After getting back from my non-shopping spree on Tuesday B took me out for tea – fish and chips which I had to stop eating part way through as I felt sick and got chastised for not asking for an anti-sickness tablet – I forgot! It didn’t help that he knew I’d been sick at lunch time at the tiniest taste of Pot Noodle.
Oh, and tomorrow I get to have a biopsy needle stuck in the bump on the back of my head as the x-ray report says my skull is fine – which is good since when I was diagnosed the x-ray showed a lorra, lorra lytic lesions. I’m think I may have to come up with a convicing ‘Silly me I forgot but I do know remember bumping it’ – depending on the size of the needle!
oooo your blanket is amazing!! I just completed a baby blanket but it’s a little crazy looking haha!!

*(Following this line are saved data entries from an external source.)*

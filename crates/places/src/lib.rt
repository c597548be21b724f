// The lists of the places: the slots of the six levels, the parking list, the expired stack and the free list.
#![tactic(auto)]

ghost use Rattle.std.specs.Prelude.{◌≡◌, ◌<◌, ltb};
ghost use Rattle.links.specs.Links.{links, Room};
ghost use Rattle.places.specs.Places.{slots, free, places, slot_place, level_at, slot_at};
ghost use Rattle.places.specs.Heads.{head_of, heads_with, tops_with, slot_head};
ghost use Rattle.places.specs.Words.{words, tops_of, Slotwise, count, head_at};
ghost use Rattle.places.specs.Words.{push, remove, pop, CanPush, CanRemove, CanPop, CanPushSlot, CanPopSlot};
ghost use Rattle.places.specs.Judge.{WalksLevel, rest};
ghost use Rattle.places.specs.Format.{formatted};

// A place is a number: slot s of level k is 64 k + s, and the three lists that are no slot follow, so that place / 64 is the height of
// every timer but an expired one. A record's mark is its place, or nobody while it is on its way from one to another.
// Retired is the last place, and has no list.
// No other crate knows the numbers: it asks the functions below.
pub const SLOTS: u16 = 384;

pub const PARKING: u16 = 384;

pub const EXPIRED: u16 = 385;

pub const FREE: u16 = 386;

const PLACES: u16 = 387;

pub const RETIRED: u16 = 387;

// How many records there are, and the heads of the lists that are no slot, as the caller keeps them. Here they are lent as the four
// words of `tops`. The heads of the slots are six times 64.
#[derive(Clone, Copy)]
pub struct Tops {
    pub n: u16,
    pub expired: u16,
    pub free: u16,
    pub parking: u16,
}

// The words of `tops`, of which no other crate knows the order.
pub fn tops_in(top: Tops) -> [u16; 4]
    ensures { tops_of result ≡ top }
{
    [top.n, top.expired, top.free, top.parking]
}

pub fn tops_of(tops: [u16; 4]) -> Tops
    ensures { result ≡ tops_of tops }
{
    Tops {
        n: tops[0],
        expired: tops[1],
        free: tops[2],
        parking: tops[3],
    }
}

// How many records there are, and the heads of the lists that are no slot.
pub fn count_of(tops: &[u16; 4]) -> u16
    ensures { result ≡ (tops_of tops.now).n }
{
    tops[0]
}

pub fn first_expired(tops: &[u16; 4]) -> u16
    ensures { result ≡ (tops_of tops.now).expired }
{
    tops[1]
}

pub fn first_free(tops: &[u16; 4]) -> u16
    ensures { result ≡ (tops_of tops.now).free }
{
    tops[2]
}

pub fn first_parked(tops: &[u16; 4]) -> u16
    ensures { result ≡ (tops_of tops.now).parking }
{
    tops[3]
}

pub fn slot_place(level: usize, slot: usize) -> u16
    requires { (level < 6) × (slot < 64) }
    ensures { result ≡ slot_place level slot }
{
    (64 * level + slot) as u16
}

// Whether it is a slot's, and then the level and the slot.
pub fn is_slot(place: u16) -> bool
    ensures { result ≡ ltb place slots }
{
    place < SLOTS
}

pub fn level_of(place: u16) -> usize
    ensures { result ≡ level_at place }
{
    place as usize / 64
}

pub fn slot_of(place: u16) -> usize
    ensures { result ≡ slot_at place }
{
    place as usize % 64
}

// Whether it is a list of timers, so that a record with this mark is pending: a slot's, the parking list or the expired stack.
pub fn is_pending(place: u16) -> bool
    ensures { result ≡ ltb place free }
{
    place < FREE
}

// The head of the place.
pub fn head_of(tops: &[u16; 4], heads: &[[u16; 64]; 6], place: u16) -> u16
    requires { place < places }
    ensures { result ≡ head_of (tops_of tops.now) heads.now place }
{
    if place < SLOTS {
        let k = place as usize / 64;
        let s = place as usize % 64;
        return heads[k][s];
    }
    if place == PARKING {
        return tops[3];
    }
    if place == EXPIRED {
        return tops[1];
    }
    tops[2]
}

// `item` becomes the head of the place, and every other head is kept. The four words are stored together: a list that is stored
// whole needs no law of its length.
fn set_head(tops: &mut [u16; 4], heads: &mut [[u16; 64]; 6], place: u16, item: u16)
    requires { place < places }
    ensures tops_value { tops_of tops.new ≡ tops_with (tops_of tops.old) place item }
    ensures heads_value { heads.new ≡ heads_with heads.old place item }
{
    if place < SLOTS {
        let k = place as usize / 64;
        let s = place as usize % 64;
        heads[k][s] = item;
        return;
    }
    if place == PARKING {
        *tops = [tops[0], tops[1], tops[2], item];
        return;
    }
    if place == EXPIRED {
        *tops = [tops[0], item, tops[2], tops[3]];
        return;
    }
    *tops = [tops[0], tops[1], item, tops[3]];
}

// The loose record `item` comes into the list of the place: to the head of the free list, to the tail of every other.
pub fn push(
    tops: &mut [u16; 4],
    heads: &mut [[u16; 64]; 6],
    nexts: &mut [u16],
    prevs: &mut [u16],
    marks: &mut [u16],
    place: u16,
    item: u16,
)
    requires { CanPush (words tops.old heads.old nexts.old prevs.old marks.old) place item }
    ensures { words tops.new heads.new nexts.new prevs.new marks.new ≡ push (words tops.old heads.old nexts.old prevs.old marks.old) place item }
{
    let head = head_of(tops, heads, place);
    if place == FREE {
        links::join(nexts, prevs, marks, place, item, head);
        set_head(tops, heads, place, item);
        return;
    }
    let first = links::add(nexts, prevs, marks, place, item, head);
    set_head(tops, heads, place, first);
}

// The record `item` leaves its list, wherever it stands there, and is loose.
pub fn remove(
    tops: &mut [u16; 4],
    heads: &mut [[u16; 64]; 6],
    nexts: &mut [u16],
    prevs: &mut [u16],
    marks: &mut [u16],
    item: u16,
)
    requires { CanRemove (words tops.old heads.old nexts.old prevs.old marks.old) item }
    ensures { words tops.new heads.new nexts.new prevs.new marks.new ≡ remove (words tops.old heads.old nexts.old prevs.old marks.old) item }
{
    let place = marks[item as usize];
    let head = head_of(tops, heads, place);
    let left = links::cut(nexts, prevs, marks, item, head);
    set_head(tops, heads, place, left);
}

// The head of the list of the place leaves it, and is loose. From an empty list nobody does.
pub fn pop(
    tops: &mut [u16; 4],
    heads: &mut [[u16; 64]; 6],
    nexts: &mut [u16],
    prevs: &mut [u16],
    marks: &mut [u16],
    place: u16,
) -> u16
    requires { CanPop (words tops.old heads.old nexts.old prevs.old marks.old) place }
    ensures value { result ≡ head_at (words tops.old heads.old nexts.old prevs.old marks.old) place }
    ensures marks_value { words tops.new heads.new nexts.new prevs.new marks.new ≡ pop (words tops.old heads.old nexts.old prevs.old marks.old) place }
{
    let item = head_of(tops, heads, place);
    if item == links::NOBODY {
        return item;
    }
    remove(tops, heads, nexts, prevs, marks, item);
    item
}

// The same two at a slot. What kind of place it is need not be asked, and `tops` has no part in it.
pub fn push_slot(
    heads: &mut [[u16; 64]; 6],
    nexts: &mut [u16],
    prevs: &mut [u16],
    marks: &mut [u16],
    level: usize,
    slot: usize,
    item: u16,
)
    requires { CanPushSlot heads.old (links nexts.old prevs.old marks.old) level slot item }
    ensures { Slotwise heads.old (links nexts.old prevs.old marks.old) heads.new (links nexts.new prevs.new marks.new) (λ t t'. t' ≡ push t (slot_place level slot) item) }
{
    let head = heads[level][slot];
    let first = links::add(nexts, prevs, marks, slot_place(level, slot), item, head);
    heads[level][slot] = first;
}

pub fn pop_slot(
    heads: &mut [[u16; 64]; 6],
    nexts: &mut [u16],
    prevs: &mut [u16],
    marks: &mut [u16],
    level: usize,
    slot: usize,
) -> u16
    requires { CanPopSlot heads.old (links nexts.old prevs.old marks.old) level slot }
    ensures value { result ≡ slot_head heads.old level slot }
    ensures slotwise { Slotwise heads.old (links nexts.old prevs.old marks.old) heads.new (links nexts.new prevs.new marks.new) (λ t t'. t' ≡ pop t (slot_place level slot)) }
{
    let item = heads[level][slot];
    if item == links::NOBODY {
        return item;
    }
    let left = links::cut(nexts, prevs, marks, item, item);
    heads[level][slot] = left;
    item
}

// How much room the lists of one level leave, and which of its slots have a head, as a row of flags.
#[derive(Clone, Copy)]
pub struct Level {
    pub left: u16,
    pub filled: u64,
}

// Walks the lists of the level, if none is wrong. Each head is looked at once.
pub fn walk_level(
    tops: &[u16; 4],
    heads: &[[u16; 64]; 6],
    nexts: &[u16],
    prevs: &[u16],
    marks: &[u16],
    level: usize,
    room: u16,
) -> Option<Level>
    requires level_bound { level < 6 }
    requires room { Room (count (words tops.now heads.now nexts.now prevs.now marks.now)) (links nexts.now prevs.now marks.now) }
    ensures { WalksLevel (words tops.now heads.now nexts.now prevs.now marks.now) level room result }
{
    let n = tops[0];
    let mut left = room;
    let mut filled = 0;
    for slot in 0..64 {
        let head = heads[level][slot];
        if head != links::NOBODY {
            let place = slot_place(level, slot);
            left = links::walk_list(nexts, prevs, marks, n, place, head, left)?;
            filled = row::set(filled, slot);
        }
    }
    Some(Level { left, filled })
}

// Whether the lists that are no slots are whole too, and the records that are left are just the loose ones.
pub fn walk_rest(
    tops: &[u16; 4],
    heads: &[[u16; 64]; 6],
    nexts: &[u16],
    prevs: &[u16],
    marks: &[u16],
    room: u16,
) -> bool
    requires { Room (count (words tops.now heads.now nexts.now prevs.now marks.now)) (links nexts.now prevs.now marks.now) }
    ensures { result ≡ rest (words tops.now heads.now nexts.now prevs.now marks.now) room }
{
    let n = tops[0];
    let mut left = room;
    for place in SLOTS..PLACES {
        let head = head_of(tops, heads, place);
        let Some(l) = links::walk_list(nexts, prevs, marks, n, place, head, left) else {
            return false;
        };
        left = l;
    }
    left == links::count_loose(nexts, prevs, marks, n, PLACES)
}

// Every list is empty but the free one, which holds 0, 1, .., n - 1.
pub fn format(
    tops: &mut [u16; 4],
    heads: &mut [[u16; 64]; 6],
    nexts: &mut [u16],
    prevs: &mut [u16],
    marks: &mut [u16],
    n: u16,
)
    requires { (0 < n) × Room n (links nexts.old prevs.old marks.old) }
    ensures { words tops.new heads.new nexts.new prevs.new marks.new ≡ formatted n nexts.old prevs.old marks.old }
{
    *tops = [n, links::NOBODY, 0, links::NOBODY];
    *heads = [[links::NOBODY; 64]; 6];
    let mut prev = n - 1;
    for i in 0..n {
        let k = i as usize;
        prevs[k] = prev;
        marks[k] = FREE;
        nexts[k] = i + 1;
        prev = i;
    }
    nexts[prev as usize] = links::NOBODY;
}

Before I had Liv, I used to do some patchwork quilting, by machine of course. There was a pattern just like this hexagon blanket you’re making and they called it “Grandmother’s flower garden.” It has always been one of my favorite quilt patterns, though I’ve never made one and know I don’t posess the patience(I think it has to be all hand-sewn together), but this is just gorgeous in knit, P. I LUV how it looks with that pinwheel effect within the hexagon. This is a real beauty!
Thanks for showing us how that went together … I was having difficulty imagining it, but now i get it (I think!). Hope your knitting has recovered from its bath!!
I’d be running away at speed at the thought of that needle … hope it’s a teeny, tiny one. I remember screaming the ward down as a child when they came to drain some fluid from my knee with a needle about the diameter of a drinking straw (well, that’s how I remember it, anyway!). I’m a complete wuss and have absolutely no idea how you get through some of these tests / treatments. Hope all goes smoothly today.
I’m glad Fiona understands as I’m still as confused as a jack russell in a pet shop. (All those tasty meals behind glass!)
The blanket is stunning. As is your continued good humor.
The green looks like it was always there – fab colourscheme, Mrs!
Would you have known about the bump on your head if you had hair, I wonder? FL’s joke about lytic lesions of the skull is that his “head is like a sieve” – ho ho ho! 😉 Glad to hear you are enjoying the mad hospital night life!
What a lovely set of colors on that blanket, and what I’m intending is all the exams are going well.